## Action item
Copies of all lines that contain "SomeCountedIsBusy" are needed; take them from the data below.

## Saved entries

//! What holds of a network at every moment. Each law is the contract of a function that does nothing.
ghost use Rattle.network_model.specs.Holding.{TheFirstReasonIsGiven};
ghost use Rattle.network_model.specs.SoundLaws.{EventsKeepSound, CommandsKeepSound, NetworksAreSound, SomeNetworkIsBusy};
ghost use Rattle.network_model.specs.CountedLaws.{EventsKeepCounted, CommandsKeepCounted, NetworksAreCounted, NumbersStayLow, BridgesStayFar, NothingIsFull, OriginsGiveOneBody, SomeCountedIsBusy};
ghost use Rattle.network_model.specs.WiringLaws.{SoundIsWired, NetworksAreWired};
ghost use Rattle.network_model.specs.Truth.{QuietIsShared, QuietIsRead, QuietReadsLinks, QuietIsTrue, QuietHasWiredTables};
ghost use Rattle.network_model.specs.PathLaws.{FramesGoOnePath, PathIsTrue};
ghost use Rattle.network_model.specs.Convergence.{CountedQuietIsConverged, PlayedQuietIsConverged, ShowIsTrue, SomeNetworkIsQuiet};
ghost use Rattle.network_model.specs.MeetingLaws.{SomeBridgesMeet};
ghost use Rattle.network_model.specs.Quiet.{QuietSays};
ghost use Rattle.network_model.specs.RestartLaws.{RestartIsNew};
ghost use Rattle.network_model.specs.Brief.{SeenIsBrief};
ghost use Rattle.network_model.specs.DeliveryLaws.{FramesAreDelivered, DeliverDelivers};
ghost use Rattle.network_model.specs.Isolation.{CommandsKeepApart, ServicesStayApart, SomeFrameLeaves};
ghost use Rattle.network_model.specs.Once.{ExactlyOnce, NetworksDeliverOnce, SomeFramePasses};

/// Whatever comes to the bridges of a sound network, and whatever becomes of its frames and links, it stays sound.
pub fn events_keep_sound()
    ensures { EventsKeepSound }
{}

/// A command that isn't refused leaves a sound network sound, and so each network is that began with nothing declared.
pub fn networks_are_sound()
    ensures step { CommandsKeepSound }
    ensures always { NetworksAreSound }
{}

/// The wiring of a sound network is a valid graph, and valid for each bridge; and what `wiring` answers of a bridge is
/// its unicast table and its group table in that graph. So it is whatever commands were accepted.
pub fn wiring_gives_tables()
    ensures sound { SoundIsWired }
    ensures always { NetworksAreWired }
{}

/// A delivery takes the frame at the front of a lane, whose link is up, makes the bridge at the far end step once by
/// it, and puts what that sends into the lanes that lead from there; the customers' frames that leave the bridge have
/// left, and nothing else is changed. An accepted `deliver` makes such a delivery.
pub fn a_delivery_is_one_step()
    ensures delivered { FramesAreDelivered }
    ensures command { DeliverDelivers }
{}

/// A bridge that restarted is one that was just configured with the metrics of its links and what is attached to its
/// ports, and then got carrier on its links that are up: nothing is left of what it held but the sequence numbers of
/// its own LSPs. That of LSP number 0 goes one further, if it can; and each own LSP has version and body as they were,
/// or a greater sequence number, or is dead at one that isn't lower. It took the next blank box of its kind; without
/// one nothing changes.
pub fn a_restart_begins_anew()
    ensures { RestartIsNew }
{}

/// Each frame that a command delivers in a sound network has at most 2,022 bytes.
pub fn deliveries_are_brief()
    ensures { SeenIsBrief }
{}

/// Some commands lead to a network with a hello on its way over a link; and some lead to one in which a port is Up, and
/// a live LSP is on its way from it.
pub fn some_network_is_busy()
    ensures hello { SomeNetworkIsBusy }
    ensures met { SomeBridgesMeet }
{}

/// A command is refused for the reason of the least number that holds of it, and accepted exactly where none holds.
pub fn the_first_reason_is_given()
    ensures { TheFirstReasonIsGiven }
{}

/// Whatever commands are accepted, at most 120,000 of them, with at most 20,000 rounds, and in whatever order frames
/// are delivered, lost and doubled: no bridge spends its sequence numbers, and none but ids of declared bridges are
/// held or claimed. The numbers of each are within an allowance that a round raises by 128 and a command by 2, and so
/// are at most 2,800,000; and no database is full. No version of an LSP has a greater number than the one that the
/// bridge holds which originates it; and no two bridges hold different bodies of an LSP under one live version. Some
/// such network has a frame on its way.
pub fn numbers_stay_bounded()
    ensures events { EventsKeepCounted }
    ensures step { CommandsKeepCounted }
    ensures always { NetworksAreCounted }
    ensures low { NumbersStayLow }
    ensures far { BridgesStayFar }
    ensures place { NothingIsFull }
    ensures bodies { OriginsGiveOneBody }
    ensures some { SomeCountedIsBusy }
{}

/// Each of the three conditions of a quiet network, which are tests, holds exactly where what it reads like does.
pub fn quiet_says_what_it_reads_like()
    ensures { QuietSays }
{}

/// In a quiet network in which no live version has two bodies, all bridges that a walk over links that are up joins
/// hold the same. Where no bridge has spent its sequence numbers either, and each reads at most 65,535 systems, each
/// reads of each other that is joined to it what that one has to say: the links of the wiring. So its graph is the part
/// of the wiring that it reaches, with the best paths of the wiring, and its tables are those that are wired for it.
pub fn quiet_is_true()
    ensures shared { QuietIsShared }
    ensures read { QuietIsRead }
    ensures links { QuietReadsLinks }
    ensures wired { QuietIsTrue }
    ensures quiet { QuietHasWiredTables }
{}

/// In a quiet network the path between two bridges in a VID is the best one of the wiring, and the way back is the
/// same. Each bridge on it takes the source's frames from the bridge before it alone, and where the source sends to a
/// service that the last bridge receives, each sends what goes there on to the bridge behind it. What `path` answers is
/// that path, by the names of its bridges.
pub fn quiet_paths_are_wired()
    ensures frames { FramesGoOnePath }
    ensures answer { PathIsTrue }
{}

/// Where a sound network whose sequence numbers are counted is quiet, every bridge has its part of the wiring right,
/// any two that a walk joins hold the same, between any two frames go one path, and a group frame leaves exactly once
/// where it has to. So it is whatever commands were accepted, at most 120,000 of them. Where `show` says quiet, it has
/// the rows of `wiring`. Some commands lead to a quiet network of two bridges and a link.
pub fn quiet_can_be_relied_on()
    ensures counted { CountedQuietIsConverged }
    ensures always { PlayedQuietIsConverged }
    ensures shown { ShowIsTrue }
    ensures some { SomeNetworkIsQuiet }
{}

/// Whatever commands were accepted, whether the network is quiet or not: a frame that leaves at a customer port leaves
/// at one of an I-SID in which it entered, byte for byte, by one of these commands. In one command nothing is sent on
/// or leaves but what was on its way or enters by it. Some commands lead to a network in which a frame leaves.
pub fn services_stay_apart()
    ensures network { ServicesStayApart }
    ensures command { CommandsKeepApart }
    ensures some { SomeFrameLeaves }
{}

/// In a quiet network a frame with a group destination enters, and frames are delivered, in any order, until none is on
/// its way: the frame leaves once at each other port of its service that receives and that a walk over links joins to
/// the first, and nowhere else. So it is whatever commands led to the quiet network, at most 120,000 of them; and some
/// do.
pub fn group_frames_leave_once()
    ensures counted { ExactlyOnce }
    ensures always { NetworksDeliverOnce }
    ensures some { SomeFramePasses }
{}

## Response area
ghost use Rattle.network_model.specs.CountedLaws.{EventsKeepCounted, CommandsKeepCounted, NetworksAreCounted, NumbersStayLow, BridgesStayFar, NothingIsFull, OriginsGiveOneBody, SomeCountedIsBusy};
    ensures some { SomeCountedIsBusy }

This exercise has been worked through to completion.